Optical Properties of Pure and Alloyed Silver-Copper Nanoparticles Embedded and Coupled in Dielectric Matrixes

摘要

In this study by using the boundary element method, influence of various parameters on the response to electromagnetic radiation for pure and alloyed silver-copper was investigated. The results demonstrate decreasing interparticle gap from 20 nm to 1 nm for silver coupled nanoparticles leads to shifting the wavelength of optical extinction peak from 362 nm to 393 nm. Decreasing interparticle gap from 20 nm to 1 nm for Cu coupled nanoparticles leads to shifting the wavelength of optical extinction peak from 323 nm to 336 nm. By an increase in the medium refractive index of 1 to 2 the peak of optical extinction for a coupled Cu nanoparticles with 1 nm gap distance the wavelength of plasmon resonance peak shifted from 336 nm to 366 nm and longitudinal plasmon resonance peak shifted from 498 nm to 559 nm. By changing the composition of an alloy of copper and silver nanoparticles with diameter of 10 nm in dielectric matrix with refractive index 1.3 the wavelength of plasmon resonance peak shifted from 378 nm for pure silver nanoparticles to 530 nm for pure copper nanoparticles.
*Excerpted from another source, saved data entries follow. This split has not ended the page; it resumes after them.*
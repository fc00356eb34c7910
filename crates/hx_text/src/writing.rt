//! Texts and numbers that are written over bytes, from a place on.
ghost use Rattle.std.specs.Prelude.{◌+◌, ◌/◌, ◌%◌, ◌<◌, ◌≤◌, ◌∷◌, [], decimal, length};
ghost use Rattle.hx_text.specs.Texts.{Writes};

/// Writes a text, and gives the place behind it.
pub(crate) fn write_str(bytes: &mut [u8], at: usize, text: &str) -> usize
    requires { at + length text.now ≤ length bytes.old }
    ensures { Writes text.now at bytes.old result bytes.new }
{
    let end = at + text.len();
    bytes[at..end].copy_from_slice(text.as_bytes());
    end
}

/// Writes two digits.
fn write_pair(bytes: &mut [u8], at: usize, n: u64) -> usize
    requires { (n < 100) × (at + 2 ≤ length bytes.old) }
    ensures { Writes ((48 + n / 10) ∷ (48 + n % 10) ∷ []) at bytes.old result bytes.new }
{
    bytes[at] = b'0' + (n / 10) as u8;
    bytes[at + 1] = b'0' + (n % 10) as u8;
    at + 2
}

/// Writes a number of one or two digits.
fn write_short(bytes: &mut [u8], at: usize, n: u64) -> usize
    requires { (n < 100) × (at + length (decimal n) ≤ length bytes.old) }
    ensures { Writes (decimal n) at bytes.old result bytes.new }
{
    if n < 10 {
        bytes[at] = b'0' + n as u8;
        return at + 1;
    }
    write_pair(bytes, at, n)
}

/// Writes a number of one to four digits.
fn write_middle(bytes: &mut [u8], at: usize, n: u64) -> usize
    requires { (n < 10000) × (at + length (decimal n) ≤ length bytes.old) }
    ensures { Writes (decimal n) at bytes.old result bytes.new }
{
    if n < 100 {
        return write_short(bytes, at, n);
    }
    let between = write_short(bytes, at, n / 100);
    write_pair(bytes, between, n % 100)
}

/// Writes a number of three digits or more. Where it has more than six, all but the last two are
/// written by a call of itself.
fn write_long(bytes: &mut [u8], at: usize, n: u64) -> usize
    requires { (100 ≤ n) × (at + length (decimal n) ≤ length bytes.old) }
    ensures { Writes (decimal n) at bytes.old result bytes.new }
{
    if n < 1_000_000 {
        let between = write_middle(bytes, at, n / 100);
        return write_pair(bytes, between, n % 100);
    }
    let between = write_long(bytes, at, n / 100);
    write_pair(bytes, between, n % 100)
}

/// Writes a number's decimal digits, and gives the place behind them. Most numbers are short, and
/// need no recursion.
pub(crate) fn write_u64(bytes: &mut [u8], at: usize, n: u64) -> usize
    requires { at + length (decimal n) ≤ length bytes.old }
    ensures { Writes (decimal n) at bytes.old result bytes.new }
{
    if n < 10_000 {
        return write_middle(bytes, at, n);
    }
    write_long(bytes, at, n)
}
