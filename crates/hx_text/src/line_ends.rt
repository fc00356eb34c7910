//! Where lines end, where an input is cut, and the words of a line.
ghost use Rattle.std.specs.Prelude.{◌≡◌, ◌<◌, ◌≤◌, ◌==◌, map, length, OnOk, OnErr, MatchOption};
ghost use Rattle.std.specs.List.{position, position_or_len, before_first, after_first};
ghost use Rattle.std.specs.Option.{option_map};
ghost use Rattle.std.specs.Str.Lines.{strip_carriage_return};
ghost use Rattle.hx_text.specs.Lines.{is_line_feed, first_line, after_line, cut_of, words_of, IsFront};

use std::alloc::AllocError;

/// The line between a description and what follows it.
const SEPARATOR: [u8; 3] = *b"---";

/// An input in two parts.
#[derive(Clone, Copy, Debug, PartialEq, Eq)]
pub struct Input<'a> {
    /// The bytes before the separator line.
    pub description: &'a [u8],
    /// The bytes behind the separator line and its end.
    pub script: &'a [u8],
}

/// The line without a carriage return at its end.
fn without_return(line: &[u8]) -> &[u8]
    ensures { result.now ≡ strip_carriage_return line.now }
{
    match line {
        [front @ .., b'\r'] => front,
        _ => line,
    }
}

/// The first place of a byte.
fn find_byte(bytes: &[u8], byte: u8) -> Option<usize>
    ensures { result ≡ position (λ b. b == byte) bytes.now }
{
    bytes.iter().position(|b| *b == byte)
}

/// The first line, and what stands behind its end.
pub fn split_line(bytes: &[u8]) -> (&[u8], &[u8])
    ensures line { result.0.now ≡ first_line bytes.now }
    ensures rest { result.1.now ≡ after_line bytes.now }
{
    match find_byte(bytes, b'\n') {
        Some(end) => (without_return(&bytes[..end]), &bytes[end + 1..]),
        None => (bytes, &bytes[bytes.len()..]),
    }
}

/// Cuts a text at the first place of an ASCII byte: what stands before it, and behind it.
fn cut_at(text: &str, byte: u8) -> Option<(&str, &str)>
    requires { byte < 128 }
    ensures { MatchOption result (length text.now ≤ position_or_len (λ b. b == byte) text.now)
        (λ halves. (halves.0.now ≡ before_first (λ b. b == byte) text.now)
        × (halves.1.now ≡ after_first (λ b. b == byte) text.now)
        × (position_or_len (λ b. b == byte) text.now < length text.now)) }
{
    match find_byte(text.as_bytes(), byte) {
        None => None,
        Some(end) => Some((&text[..end], &text[end + 1..])),
    }
}

/// The line without a carriage return at its end.
fn text_without_return(line: &str) -> &str
    ensures { result.now ≡ strip_carriage_return line.now }
{
    match line.as_bytes() {
        [.., b'\r'] => &line[..line.len() - 1],
        _ => line,
    }
}

/// The first line of a text, and what stands behind its end.
pub(crate) fn split_text(text: &str) -> (&str, &str)
    ensures line { result.0.now ≡ first_line text.now }
    ensures rest { result.1.now ≡ after_line text.now }
{
    match cut_at(text, b'\n') {
        Some((line, behind)) => (text_without_return(line), behind),
        None => (text, &text[text.len()..]),
    }
}

/// Cuts an input at its first line that is exactly `---`. Without such a line it is no input.
///
/// One `\r` before the `\n` of a line isn't part of that line. Before the end of the input it is.
pub fn cut(bytes: &[u8]) -> Option<Input<'_>>
    ensures { option_map (λ i. (i.description.now, i.script.now)) result ≡ cut_of bytes.now }
{
    let mut rest = bytes;
    while !rest.is_empty() {
        let (line, behind) = split_line(rest);
        if line == SEPARATOR.as_slice() {
            return Some(Input {
                description: &bytes[..bytes.len() - rest.len()],
                script: behind,
            });
        }
        rest = behind;
    }
    None
}

/// Puts the words of a line, which one or more spaces part, into a list in place of what it holds.
/// For want of memory the list then holds the first of them.
pub fn split_words<'a>(line: &'a str, words: &mut Vec<&'a str>) -> Result<(), AllocError>
    ensures ok { OnOk result (map (λ w. w.now) words.new.items ≡ words_of line.now) }
    ensures err { OnErr result (IsFront (map (λ w. w.now) words.new.items) (words_of line.now)) }
{
    words.clear();
    let mut rest = line;
    while let Some((word, behind)) = cut_at(rest, b' ') {
        if !word.is_empty() {
            words.push(word)?;
        }
        rest = behind;
    }
    if !rest.is_empty() {
        words.push(rest)?;
    }
    Ok(())
}
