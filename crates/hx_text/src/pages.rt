//! A page of text, and the pieces that lines on it are made of.
ghost use Rattle.std.specs.Prelude.{◌≡◌, ◌+◌, ◌≤◌, ◌∷◌, ◌++◌, [], decimal, length, take, IsTrue, ◌↔◌, OnOk, OnErr};
ghost use Rattle.std.specs.List.{flat_map};
ghost use Rattle.hx_text.specs.Texts.{piece_text, Prints};

use crate::writing::{write_str, write_u64};
use std::alloc::{AllocError, Global};
use std::marker::Model;

/// How many digits a number of 64 bits has, at most.
const MOST_DIGITS: usize = 20;

/// How many bytes a page grows by, at least.
const BLOCK: usize = 4096;

/// A text that grows at its end. Contracts see it as its bytes.
#[derive(Drop)]
pub struct Page {
    /// The text, and behind it room for more.
    bytes: Vec<u8>,
    len: usize,
}

impl Model for Page {
    ghost use Rattle.std.specs.Prelude.{List, ℕ, ◌≤◌, length, take};

    ghost Value = { List ℕ };

    ghost view = { λ a. take a.len a.bytes.items };

    ghost invariant = { λ a. a.len ≤ length a.bytes.items };
}

/// A part of a line.
#[derive(Clone, Copy)]
pub enum Piece<'a> {
    Text(&'a str),
    /// A number, which is printed in decimal digits.
    Number(u64),
}

/// Makes a list of bytes longer, by so many zeros.
fn lengthen(bytes: &mut Vec<u8>, additional: usize) -> Result<(), AllocError>
    ensures ok { OnOk result (length bytes.new.items ≡ length bytes.old.items + additional) }
    ensures kept { take (length bytes.old.items) bytes.new.items ≡ bytes.old.items }
{
    bytes.reserve(additional)?;
    bytes.resize(bytes.len() + additional, 0)
}

/// Makes room for so many bytes more behind the first ones, which stay.
#[inline(always)]
fn make_room(bytes: &mut Vec<u8>, len: usize, additional: usize) -> Result<(), AllocError>
    requires { len ≤ length bytes.old.items }
    ensures ok { OnOk result (len + additional ≤ length bytes.new.items) }
    ensures kept { take len bytes.new.items ≡ take len bytes.old.items }
    ensures grown { length bytes.old.items ≤ length bytes.new.items }
{
    if additional <= bytes.len() - len {
        Ok(())
    } else if additional <= BLOCK {
        lengthen(bytes, BLOCK)
    } else {
        lengthen(bytes, additional)
    }
}

impl Page {
    /// A page without text.
    pub fn new(alloc: Global) -> Page
        ensures { result ≡ [] }
    {
        Page {
            bytes: Vec::new(alloc),
            len: 0,
        }
    }

    /// The text.
    pub fn as_bytes(&self) -> &[u8]
        ensures { result.now ≡ self.now }
    {
        &self.bytes[..self.len]
    }

    /// How many bytes it has.
    pub fn len(&self) -> usize
        ensures { result ≡ length self.now }
    {
        self.len
    }

    /// Whether it has none.
    pub fn is_empty(&self) -> bool
        ensures { IsTrue result ↔ (self.now ≡ []) }
    {
        self.len == 0
    }

    /// Puts one byte at the end.
    #[inline(always)]
    pub fn push_byte(&mut self, byte: u8) -> Result<(), AllocError>
        ensures ok { OnOk result (self.new ≡ self.old ++ byte ∷ []) }
        ensures err { OnErr result (self.new ≡ self.old) }
    {
        make_room(&mut self.bytes, self.len, 1)?;
        self.bytes[self.len] = byte;
        self.len += 1;
        Ok(())
    }

    /// Puts a text at the end.
    #[inline(always)]
    pub fn push_str(&mut self, text: &str) -> Result<(), AllocError>
        ensures ok { OnOk result (self.new ≡ self.old ++ text.now) }
        ensures err { OnErr result (self.new ≡ self.old) }
    {
        make_room(&mut self.bytes, self.len, text.len())?;
        self.len = write_str(self.bytes.as_mut_slice(), self.len, text);
        Ok(())
    }

    /// Puts a number's decimal digits at the end.
    #[inline(always)]
    pub fn push_u64(&mut self, n: u64) -> Result<(), AllocError>
        ensures ok { OnOk result (self.new ≡ self.old ++ decimal n) }
        ensures err { OnErr result (self.new ≡ self.old) }
    {
        make_room(&mut self.bytes, self.len, MOST_DIGITS)?;
        self.len = write_u64(self.bytes.as_mut_slice(), self.len, n);
        Ok(())
    }

    /// Puts a sign at the end, and a number's decimal digits behind it.
    #[inline(always)]
    pub fn push_numbered(&mut self, sign: u8, n: u64) -> Result<(), AllocError>
        ensures ok { OnOk result (self.new ≡ self.old ++ sign ∷ decimal n) }
        ensures err { OnErr result (self.new ≡ self.old) }
    {
        make_room(&mut self.bytes, self.len, 1 + MOST_DIGITS)?;
        self.bytes[self.len] = sign;
        self.len = write_u64(self.bytes.as_mut_slice(), self.len + 1, n);
        Ok(())
    }

    /// Puts a space at the end, and a text behind it.
    #[inline(always)]
    pub fn push_word(&mut self, text: &str) -> Result<(), AllocError>
        ensures ok { OnOk result (self.new ≡ self.old ++ 32 ∷ text.now) }
        ensures err { OnErr result (self.new ≡ self.old) }
    {
        make_room(&mut self.bytes, self.len, 1 + text.len())?;
        self.bytes[self.len] = b' ';
        self.len = write_str(self.bytes.as_mut_slice(), self.len + 1, text);
        Ok(())
    }

    /// Puts a space at the end, and behind it a sign and a number's decimal digits.
    #[inline(always)]
    pub fn push_numbered_word(&mut self, sign: u8, n: u64) -> Result<(), AllocError>
        ensures ok { OnOk result (self.new ≡ self.old ++ 32 ∷ sign ∷ decimal n) }
        ensures err { OnErr result (self.new ≡ self.old) }
    {
        make_room(&mut self.bytes, self.len, 2 + MOST_DIGITS)?;
        let bytes = self.bytes.as_mut_slice();
        bytes[self.len] = b' ';
        bytes[self.len + 1] = sign;
        self.len = write_u64(bytes, self.len + 2, n);
        Ok(())
    }

    /// Puts one piece at the end.
    pub fn push(&mut self, piece: &Piece) -> Result<(), AllocError>
        ensures ok { OnOk result (self.new ≡ self.old ++ piece_text piece.now) }
        ensures err { OnErr result (self.new ≡ self.old) }
    {
        match piece {
            Piece::Text(text) => self.push_str(text),
            Piece::Number(n) => self.push_u64(*n),
        }
    }

    /// Puts the pieces at the end, in order.
    pub fn push_all(&mut self, pieces: &[Piece]) -> Result<(), AllocError>
        ensures { Prints (flat_map piece_text pieces.now) self.old result self.new }
    {
        for piece in pieces {
            self.push(piece)?;
        }
        Ok(())
    }

    /// Keeps the first `len` bytes, as where a line that found no room is taken back.
    pub fn cut_to(&mut self, len: usize)
        ensures { self.new ≡ take len self.old }
    {
        self.len = self.len.min(len);
    }
}
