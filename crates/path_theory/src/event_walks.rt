//! Sets of tuples that walk over the events of a block, one event after the other: which tuples stand behind the last event, and what
//! happens to objects and to the global state on the way. It stands over the theory of paths alone, and knows no C and no Metal.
In addition for Cu-Ag alloy coupled nanoparticles with 1 nm interparticle gap, the wavelength of resonance peak shifted from 420 nm for pure silver nanoparticles to 544 nm for pure copper nanoparticles. In the case of embedded nanoparticles for coupled silver nanoparticles with 6 nm gap distance, the wavelength of resonance peak shifted from 396 nm to 409 nm, and for coupled silver nanoparticles with 2 nm gap distance, the wavelength of resonance peak shifted from 414 nm to 430 nm. Furthermore for coupled Cu nanoparticles with 2 nm gap distance, the wavelength of resonance peak shifted from 575 nm to 582 nm. The results could be employed for plasmatic sensor design and fabrication.